Define a schema and extract specific information from your document.
# Define your extraction schema using Pydantic
class InvoiceData(BaseModel):
    """Schema for invoice extraction"""
    invoice_number: str = Field(description="The invoice number")
    total_amount: float = Field(description="Total amount in dollars")
    date: str = Field(description="Invoice date in YYYY-MM-DD format")
    vendor_name: str = Field(description="Name of the vendor")

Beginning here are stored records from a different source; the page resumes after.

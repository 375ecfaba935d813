//! Values of linear terms over the ends of integer variables.
//!
//! The variables of a tuple's first place lie between two ends, and so does its value: this crate says whether it can be
//! too large. Stands on `collected_terms` for linear terms.
#![tactic(auto)]

mod values;

pub use values::has_large_value;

# Extract data with a clear prompt
extract_result = await parse_result.extract(
    extraction_schema=InvoiceData,
    user_prompt="Extract invoice details from this document.",
    model="openai/gpt-4o",
    generate_citations=True,
    generate_confidence=True,
)

# Access the extracted data
result = extract_result.result
for field_name, field in result.data.items():
    print(f"{field_name}: {field.value} (confidence: {field.confidence:.2f})")

Complete Example

Here’s a complete working example you can copy and run:
import os
import asyncio
from pydantic import BaseModel, Field
from dex_sdk import DexClient
from dex_sdk.types import (
    ParseEngine,
    ReductoParseJobParams,
    ReductoChunkingMethod,
    ReductoChunkingOptions,
    ReductoParseEngineOptions,
)

class InvoiceData(BaseModel):
    invoice_number: str = Field(description="The invoice number")
    total_amount: float = Field(description="Total amount in dollars")

async def main():
    # 1. Initialize client
    dex_client = DexClient(
        base_url="https://dex.sgp.scale.com",
        api_key=os.getenv("SGP_API_KEY"),
        account_id=os.getenv("SGP_ACCOUNT_ID"),
    )

    # 2. Create project
    project = await dex_client.create_project(name="Invoice Processing")

    # 3. Upload document
    dex_file = await project.upload_file("invoice.pdf")

    # 4. Parse document
    parse_result = await dex_file.parse(
        ReductoParseJobParams(
            engine=ParseEngine.REDUCTO,
            options=ReductoParseEngineOptions(
                chunking=ReductoChunkingOptions(
                    chunk_mode=ReductoChunkingMethod.VARIABLE,
                )
            ),
        )
    )

    # 5. Extract data
    extract_result = await parse_result.extract(
        extraction_schema=InvoiceData,
        user_prompt="Extract invoice number and total amount.",
        model="openai/gpt-4o",
        generate_citations=True,
    )

    print(extract_result.result.data)

# Run the example
asyncio.run(main())

Next Steps

Now that you’ve completed the basics, explore these topics:

Learn More

  • File Management: Upload, pagination, and supported file types
  • Parse: Parse engines and async job monitoring
  • Chunking: Chunking strategies for documents
  • Vector Stores: Semantic search and RAG-enhanced extraction
  • Extract: Batch extraction and extraction patterns
  • Best Practices: Quick start, retention policies, and optimization

Deep Dive into the API

Additional Resources

  • REST API: For non-Python integrations, see the API Reference
  • Support: Questions? Ask in Slack channel #dex-help
  • Examples: More examples in the Introduction guide

Common Questions

Q: How do I process multiple documents? A: Upload multiple files to the same project, parse each one, then optionally use vector stores for cross-document search. See Extract. Q: Can I use a synchronous client? A: Yes! Use DexSyncClient from dex_sdk for synchronous operations. See Best Practices. Q: How do I configure data retention policies? A: Set retention policies when creating a project. See Best Practices. Q: What OCR engines are available? A: Reducto (production-ready) and Iris (experimental, for custom needs). See When to choose Iris?. Q: How do I list files with pagination? (New in v0.4.0) A: Use PaginationParams with list_files() to control page size and sorting. See API Reference. Q: How do I monitor async jobs? (New in v0.4.0) A: Use start_parse_job() for better control and access to SGP traces. See API Reference.